# Bailout question



## fisty (Jan 11, 2011)

Ok I am sitting here looking at my B-29 i am working on and the thought hit me who the $*#@ do you get out of the B-29 if it is hit and going down? I know the pilots got in through the Hellhole or the wheel well and the rear crew got in through the small door on the side, My question is was there any other emergency exits on the B-29?


----------



## mikewint (Jan 11, 2011)

Depends on what you mean. once depressurized it is possible to enter the bombays along a catwalk that runs behind and on both sides of the bombs. if the bombay doors front and/or back set can be opened one could jump out via the bombays


----------



## fisty (Jan 11, 2011)

yes but that would take a lot of time if the B-29 was going down were the domes set to blow off? for easy exit? was there any other ways out of a falling wreck?


----------



## mikewint (Jan 11, 2011)

The time to bailout depends on how badly the aircraft is/was hit

This is from Hap Hallorens account over Toyko: The Rover Boys Express was left alone over Tokyo in a cold and hostile sky. 5 crewmembers were in the aft section. Guy Knobel crawled back to the tail section to tell the five to bail out. The B-29 continued to be attacked by the fighters. Enemy cannon fire raked the fuselage from front to rear in efforts to bring the stricken aircraft down. Knobel found the tail section badly damaged with tail gunner Cecil Laird dead at his gun. The remaining three gunners and radar operator in back came forward. The ten Rover Boys that remained alive hurriedly prepared to bail out. The escape hatch was through a door in the deck of the front section. The door was opened with great difficulty and as they proceeded to the final step for bailout the nose wheel would not drop from the space as required to escape. The escape route was blocked. The forward bomb bay doors were open so the crew decided to open the entry door to the bomb bay. The crew could see Tokyo below the bombs that could not be dropped or jettisoned. The bay doors were not fully open but there was room to pass between the bombs and the doors. Bombardier Bobby Grace, his flight suit covered with blood was first to bail out. Flight Engineer, Willie Franz, was next to parachute out the bomb bay. Jimmy Edwards, pilot, was next to make his way through the bombs and into the thin atmosphere. Radio Operator Guy Knobel was next to parachute through the bombs. Hap Halloran tried to talk Aircraft Commander Snuffy Smith into jumping next but the bloodied pilot ordered Hap to jump. 

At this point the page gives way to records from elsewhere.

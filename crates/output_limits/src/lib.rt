// The limits of one message's decoded output.
#![tactic(auto)]

ghost use Rattle.std.specs.Prelude.{◌≡◌};
ghost use Rattle.output_limits.specs.Limits.{number_of, told_of_limits, limits_told, default_limits};
ghost use Rattle.output_budget.specs.Budget.{opened};

use output_budget::DecodedOutputBudget;
use output_preflight::{FieldValues, PayloadBytes};

// The most records of one flow set, unless configured.
pub const DEFAULT_MAX_RECORDS_PER_FLOWSET: usize = 1024;

// The most field values that one message decodes to, unless configured.
pub const DEFAULT_MAX_DECODED_FIELD_VALUES_PER_MESSAGE: usize = 65536;

// The most field payload bytes that one message decodes to, unless configured.
pub const DEFAULT_MAX_DECODED_FIELD_PAYLOAD_BYTES_PER_MESSAGE: usize = 4194304;

// The limits of one message: records of a flow set, field values and payload bytes. `new` makes none with a 0.
#[derive(Clone, Copy, Debug, PartialEq, Eq)]
pub struct DecodedOutputLimits {
    pub max_records: usize,
    pub max_field_values: FieldValues,
    pub max_field_payload_bytes: PayloadBytes,
}

// Which limit is 0.
#[derive(Clone, Copy, Debug, PartialEq, Eq)]
pub enum LimitsRefusal {
    ZeroRecords,
    ZeroFieldValues,
    ZeroPayloadBytes,
}

// Document 01's number of each refusal.
impl From<LimitsRefusal> for u32 {
    ghost from_gives = { λ refusal number. number ≡ number_of refusal };

    fn from(refusal: LimitsRefusal) -> u32 {
        match refusal {
            LimitsRefusal::ZeroRecords => 9,
            LimitsRefusal::ZeroFieldValues => 10,
            LimitsRefusal::ZeroPayloadBytes => 11,
        }
    }
}

impl DecodedOutputLimits {
    // The three limits, unless one of them is 0.
    #[tactic(auto, unfolding(crate::specs::Limits::limits_told))]
    pub fn new(
        max_records: usize,
        max_field_values: FieldValues,
        max_field_payload_bytes: PayloadBytes,
    ) -> Result<Self, LimitsRefusal>
        ensures { told_of_limits result ≡ limits_told max_records max_field_values max_field_payload_bytes }
    {
        if max_records == 0 {
            return Err(LimitsRefusal::ZeroRecords);
        }
        if max_field_values.0 == 0 {
            return Err(LimitsRefusal::ZeroFieldValues);
        }
        if max_field_payload_bytes.0 == 0 {
            return Err(LimitsRefusal::ZeroPayloadBytes);
        }
        Ok(DecodedOutputLimits {
            max_records,
            max_field_values,
            max_field_payload_bytes,
        })
    }

    // The limits of a message unless configured.
    pub fn defaults() -> Self
        ensures { result ≡ default_limits }
    {
        DecodedOutputLimits {
            max_records: DEFAULT_MAX_RECORDS_PER_FLOWSET,
            max_field_values: FieldValues(DEFAULT_MAX_DECODED_FIELD_VALUES_PER_MESSAGE),
            max_field_payload_bytes: PayloadBytes(
                DEFAULT_MAX_DECODED_FIELD_PAYLOAD_BYTES_PER_MESSAGE,
            ),
        }
    }

    // An unused budget with these limits.
    pub fn budget(self) -> DecodedOutputBudget
        ensures { result ≡ opened self.max_field_values self.max_field_payload_bytes }
    {
        DecodedOutputBudget::new(self.max_field_values, self.max_field_payload_bytes)
    }
}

The fuselage gunner's left and right bubbles say "Cut glass for emergency rescue"


----------



## GrauGeist (Jan 11, 2011)

There was an escape hatch (jettisonable window, port side) for the tail gunner and a hatch on the top of the fuselage, port side, between the top-rear turret and the tail. 

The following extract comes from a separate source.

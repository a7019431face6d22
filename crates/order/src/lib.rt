// No function: the order stands in specs/, its laws in proofs/; `ranking` has the code.
#![tactic(auto)]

The pilot and co-pilot each had a hatch (jettisonable window) and I believe there was also a hatch (port side) on the top of the fuselage between the front and rear turrets near the navigation/radio station, just ahead of the forward bomb bay bulkhead...


----------



## fisty (Jan 11, 2011)

I thought i remembered seeing a hatch on the top of Fifi when she landed they had a flag stuck out it.


----------



## razor1uk (May 4, 2011)

The escape from damaged bombers has always been harder than fighters, even considering the amount of crew afaiu.

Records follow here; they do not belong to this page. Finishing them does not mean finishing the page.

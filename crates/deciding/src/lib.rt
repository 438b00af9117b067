// Who decides, and who fits best.
#![tactic(auto)]

ghost use Rattle.std.specs.Prelude.{◌≡◌, cond, suc, ◌<◌, ◌≤◌};
ghost use Rattle.numbers.specs.Lists.{leading};
ghost use Rattle.table.specs.Table.{most_rules, most_states, marked as marked_at};
ghost use Rattle.table.specs.Words.{rule_in, table_in};
ghost use Rattle.layers.specs.Seen.{seen_in};
ghost use Rattle.matching.specs.Matching.{layer_tests};
ghost use Rattle.deciding.specs.Best.{best_of, decision_of};

use layers::Seen;
use matching::rules::layers_matched;
use table::RULES;
use table::settings::*;
use table::words::*;

// The place of the rule that fits best, 64 for none, and its first layer that does not match: 0 link, 1 IP, 2 transport, 3 SOME/IP.
#[derive(Clone, Copy)]
pub struct Best {
    pub place: usize,
    pub layer: usize,
}

// The place of the rule that decides, 64 for the default, and the best fit.
#[derive(Clone, Copy)]
pub struct Decision {
    pub decider: usize,
    pub best: Best,
}

// Places and layers are numbers, as the paper has them: 64 is the row of the default's counts, and a layer is how many match before it.

// How many layers a rule has, and the score of one that matches in all.
const LAYERS: usize = 4;

const WHOLE: usize = LAYERS + 1;

// One more than the layers matched of an active rule, and 0, no Option, for one that is not active: the definition score_of has it so.
fn score(r: &RuleWords, marks: u64, i: usize, x: &Seen) -> usize
    requires { i < most_rules }
    ensures { result ≡ cond (marked_at marks i) (suc (leading (layer_tests (rule_in r.now) (seen_in x.now)))) 0 }
{
    if !marked(marks, i) {
        return 0;
    }
    layers_matched(r, x) + 1
}

// The first of the active rules with the greatest score. None is above that of a rule that matches, so none behind one is looked at.
// What is asked of table and state are two bounds and no type of a good table: a table at fault is decided too, as long as its rules are at most 64.
fn best_fit(t: &TableWords, state: usize, x: &Seen) -> Best
    requires state { state < most_states }
    requires rules { (table_in t.now).rulecount ≤ most_rules }
    ensures { result ≡ best_of (table_in t.now) state (seen_in x.now) }
{
    let marks = marks_of(t, state);
    let mut place = RULES;
    let mut most = 0;
    for i in 0..rulecount(t) {
        let n = score(&t[i], marks, i, x);
        if most < n {
            place = i;
            most = n;
        }
        if WHOLE <= most {
            break;
        }
    }
    if most == 0 {
        return Best {
            place: RULES,
            layer: 0,
        };
    }
    Best {
        place,
        layer: most - 1,
    }
}

// Who decides is told by the best fit, so that one walk finds both: it decides where all four layers match.
pub fn decide(t: &TableWords, state: usize, x: &Seen) -> Decision
    requires state { state < most_states }
    requires rules { (table_in t.now).rulecount ≤ most_rules }
    ensures { result ≡ decision_of (table_in t.now) state (seen_in x.now) }
{
    let best = best_fit(t, state, x);
    let decider = if best.layer == LAYERS {
        best.place
    } else {
        RULES
    };
    Decision { decider, best }
}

IRL, you wouldn't use the 'roof' hatches (as they're mainly for escape ditching in water), during flight, unless I wished to risk re-decorating the 'furniture' on the fuz aftwards of the hatch; balls on fin or sucking on an MG barrel, smearing across a tailplane etc. Although flying inverted....


----------



## FLYBOYJ (May 4, 2011)

There is a B-29 aircrew manual floating around that shows bailout procedures. I think they were "revised and refined" after WW2 and into Korea.


----------